En este proceso no hubo intervención ciudadana.

V. CONCEPTO DEL PROCURADOR GENERAL DE LA NACION.

El señor Procurador General de la Nación, doctor Edgardo José Maya Villazón, con ocasión del impedimento que presentó ante la Corte para rendir concepto y la aceptación correspondiente, lo mismo que del señor Viceprocurador, mediante Resolución 224 de 18 de julio de 2002, designó a la doctora Nubia Herrera Ariza, Procuradora Delegada para el Ministerio Público en Asuntos Penales, para que conceptúe dentro del presente proceso de control de constitucionalidad. En concepto Nro. 2994, de fecha 3 de septiembre de 2002, la Procuradora designada solicitó declarar la exequibilidad de los artículos 150, inciso 3, y 153 de la Ley 734 de 2002; y, estarse a lo resuelto en la sentencia C-892 de 1999, respecto de la inexequibilidad de la expresión “que considere necesario”, consagrada en el inciso 5 del artículo 150 de la misma Ley. Las razones que expone el Ministerio Público se resumen a continuación : a) En cuando a la acusación contra el inciso 3 del artículo 150 de la Ley 734 de 2002, porque establece que la investigación preliminar durará mientras persista la duda sobre la identificación del autor de la falta disciplinaria, y, en consecuencia, se vulnera el debido proceso, considera el Ministerio Público

que no hay la violación aducida, pues, cuando el Estado, en el ejercicio del poder sancionador no ha podido individualizar el autor de una falta disciplinaria, puede mantener en investigación preliminar el proceso correspondiente, sin que se afecte ningún derecho fundamental, ya que no existe un titular de derechos subjetivos, en razón de que no hay identificación del autor. Explica así este punto : “En este orden de ideas, es claro que el debido proceso es un derecho fundamental que se le garantiza a toda persona, y que una forma de vulnerarlo es mediante actuaciones o procesos que se dilaten en el tiempo, sin una decisión definitiva, comprometiendo los derechos fundamentales de quienes en ellos están involucrados como posibles autores o partícipes, surge el interrogante en los eventos en que no hay autor o responsable individualizado si es posible vulnerar derecho fundamental alguno de quien no se conoce su identidad? La respuesta, en nuestro criterio es que no puede hablarse de vulneración de derecho fundamental alguno y mucho menos del debido proceso, pues en el caso descrito por el inciso cuestionado el Estado está obligado a efectuar y agotar los mecanismos que estén a su alcance para lograr la individualización del autor de la falta disciplinaria y una vez lograda ésta, impulsar el proceso hasta su culminación, para que el derecho disciplinario realmente cumpla sus fines, entre los cuales está la prevalencia del interés general.” (fl. 51) Pone, además, de presente que “El límite temporal de la investigación disciplinaria, como bien lo señala el demandante, será el término de prescripción de la acción disciplinaria, es decir, cinco (5) años o doce (12) en los casos taxativamente señalados en el artículo 30 de la Ley 734 de 2002.”

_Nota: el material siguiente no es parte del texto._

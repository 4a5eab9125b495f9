//! The rows of a net as a caller lends them (`NetRows`), and the net that they make where they are sound (`SoundNet`):
//! judged once, in one walk over each row.
#![tactic(auto)]

pub mod axis;
pub mod judge;
pub mod polygons;
pub mod rows;
pub mod view;

pub use axis::Axis;
pub use polygons::polygons_below;
pub use rows::{Corners, Edge, MeshNode, NetCell, NetRows, Node, Polygons};
pub use view::SoundNet;
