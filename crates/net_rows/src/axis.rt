//! Which lines nodes stand on.

/// Columns run up and rows run right: the places of a column have one x, and those of a row one y.
#[derive(Clone, Copy, Debug, PartialEq, Eq)]
pub enum Axis {
    Column,
    Row,
}
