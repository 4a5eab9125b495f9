// A net that was judged once: what holds of it is kept by its type, so no function over it asks again.
ghost use Rattle.std.specs.Prelude.{◌≡◌, ◌+◌, ◌<◌, ◌≤◌, ◌↔◌, nat_abs, ◌-ℤ◌, length, IsSome, IfSome};
ghost use Rattle.refusals.specs.Limits.{coordinate};
ghost use Rattle.net_rows.specs.Nets.{IsSound, nth_cell, width_of, height_of};
ghost use Rattle.net_rows.specs.Facts.{IsGap, AreKnown, IsSoundNet};

use crate::{NetCell, NetRows, Node};

/// Rows that make a sound net.
#[derive(Clone, Copy)]
pub struct SoundNet<'a> {
    pub rows: NetRows<'a>,
    ghost sound: { IsSound rows },
}

impl Node {
    // How many ticks the node lies to the east of another. Internal: it does, and both are in range.
    #[inline(always)]
    fn ticks_east_of(self, west: Node) -> u64
        requires { IsGap (self.x -ℤ west.x) }
        ensures { result ≡ nat_abs (self.x -ℤ west.x) }
    {
        (self.x - west.x) as u64
    }

    // How many ticks the node lies to the north of another. Internal: it does, and both are in range.
    #[inline(always)]
    fn ticks_north_of(self, south: Node) -> u64
        requires { IsGap (self.y -ℤ south.y) }
        ensures { result ≡ nat_abs (self.y -ℤ south.y) }
    {
        (self.y - south.y) as u64
    }
}

impl<'a> SoundNet<'a> {
    /// The rows as a net; none where they are not sound.
    #[inline(always)]
    pub fn judge(rows: &NetRows<'a>) -> Option<SoundNet<'a>>
        ensures sound { IsSome result ↔ IsSound rows.now }
        ensures facts { IsSome result ↔ IsSoundNet rows.now.nodes.now rows.now.edges.now rows.now.cells.now }
        ensures same_rows { IfSome result (λ net. net.rows ≡ rows.now) }
    {
        if rows.are_sound() {
            Some(SoundNet { rows: *rows })
        } else {
            None
        }
    }

    #[inline(always)]
    pub fn cell(&self, c: usize) -> NetCell
        requires { c < length self.now.rows.cells.now }
        ensures cell { result ≡ nth_cell self.now.rows.cells.now c }
        ensures known { AreKnown (length self.now.rows.nodes.now) result.corners }
    {
        self.rows.cells[c]
    }

    /// How many ticks a cell is wide.
    #[inline(always)]
    pub fn width(&self, c: usize) -> u64
        requires { c < length self.now.rows.cells.now }
        ensures ticks { result ≡ width_of self.now.rows.nodes.now (nth_cell self.now.rows.cells.now c) }
        ensures in_range { result ≤ coordinate + coordinate }
    {
        let corners = self.cell(c).corners;
        let nodes = self.rows.nodes;
        nodes[corners.southeast].ticks_east_of(nodes[corners.southwest])
    }

    /// How many ticks a cell is high.
    #[inline(always)]
    pub fn height(&self, c: usize) -> u64
        requires { c < length self.now.rows.cells.now }
        ensures ticks { result ≡ height_of self.now.rows.nodes.now (nth_cell self.now.rows.cells.now c) }
        ensures in_range { result ≤ coordinate + coordinate }
    {
        let corners = self.cell(c).corners;
        let nodes = self.rows.nodes;
        nodes[corners.northwest].ticks_north_of(nodes[corners.southwest])
    }
}
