//! Whether polygons and the cells of a table belong together.
ghost use Rattle.std.specs.Prelude.{◌≡◌};
ghost use Rattle.table.specs.Tables.{cells};
ghost use Rattle.net_rows.specs.Polygons.{polygons_below, polygons_fit};

use crate::Polygons;
use table::Table;

/// Whether each cell is of one of the first polygons.
pub fn polygons_below(table: &Table, count: usize) -> bool
    ensures { result ≡ polygons_below count (cells table.now) }
{
    (0..table.head.count).all(|id| table.polygon(id) < count as u64)
}

impl Polygons<'_> {
    /// Whether each polygon has a layer and a component, and no cell names a polygon past the last.
    pub fn fit(&self, table: &Table) -> bool
        ensures { result ≡ polygons_fit (cells table.now) self.now.layers.now self.now.components.now }
    {
        self.layers.len() == self.components.len() && polygons_below(table, self.layers.len())
    }
}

(fl. 51) Señala que si bien es cierto que la Corte Constitucional en la sentencia C-412 de 1993 manifestó que el principio del debido proceso exigía que la etapa de la investigación previa, en materias penal y disciplinaria, tuviera un término definido, en el caso de la acusación bajo estudio, se debe precisar que hay un elemento no contemplado en la anterior oportunidad por la Corte, y es que en éste se desconoce la identidad del infractor. Por ello, en opinión de la Procuraduría, la voluntad del legislador al no establecer un término específico sobre la duración de la investigación preliminar cuando no se ha identificado al autor, no es irrazonable ni amenaza los derechos fundamentales de los ciudadanos. b) En cuanto a la expresión “que considere necesario” del inciso 5 del artículo 150 de la Ley 734, la Procuraduría solicita declararla inexequible, pues así había sido declarada por la Corte en la sentencia C-892 de 1999, tal como estaba contenida en el artículo 140 de la Ley 200 de 1995, anterior Código Disciplinario. El legislador al reproducirla con la misma finalidad, desconoció el principio de la cosa juzgada constitucional. c) En cuanto a la acusación del artículo 153 de la Ley 734 de 2002, señala la Procuraduría que hay que tener en cuenta que la investigación preliminar no es de obligatorio agotamiento, ni imprescindible. Recuerda que la Corte, en la sentencia C-430 de 1997, manifestó que la indagación disciplinaria es de carácter eventual y previo. Explica mediante un cuadro comparativo, las características propias de cada

una de las etapas de indagación preliminar e investigación disciplinaria, con el fin de demostrar que el actor incurre en un error al identificar a la primera como una garantía del disciplinado y, que como tal, es de obligatoria observancia. Considera que el demandante quisiera que durante la etapa de indagación preliminar se determinen aspectos que están llamados a tratarse durante la investigación disciplinaria. Pero no tiene en cuenta que si hay un autor conocido y existe certeza sobre la comisión de una falta disciplinaria, lo procedente es abrir la correspondiente investigación y, dentro de la misma, lograr la determinación de todos los elementos necesarios para definir la responsabilidad disciplinaria. De otro lado, no es posible hablar de inseguridad jurídica pues, no es cierto que si en una u otra etapa existen ciertos fines que se identifican, no pueda el Estado prescindir de una etapa cuando su principal objetivo está satisfecho : “la comisión de una conducta constitutiva de falta disciplinaria y la identificación o individualización del autor.” (fl. 54) En consecuencia, teniendo en cuenta que la indagación preliminar no es de carácter obligatorio y que el objeto de la investigación disciplinaria son los señalados en el artículo 153, se solicita declarar su exequibilidad.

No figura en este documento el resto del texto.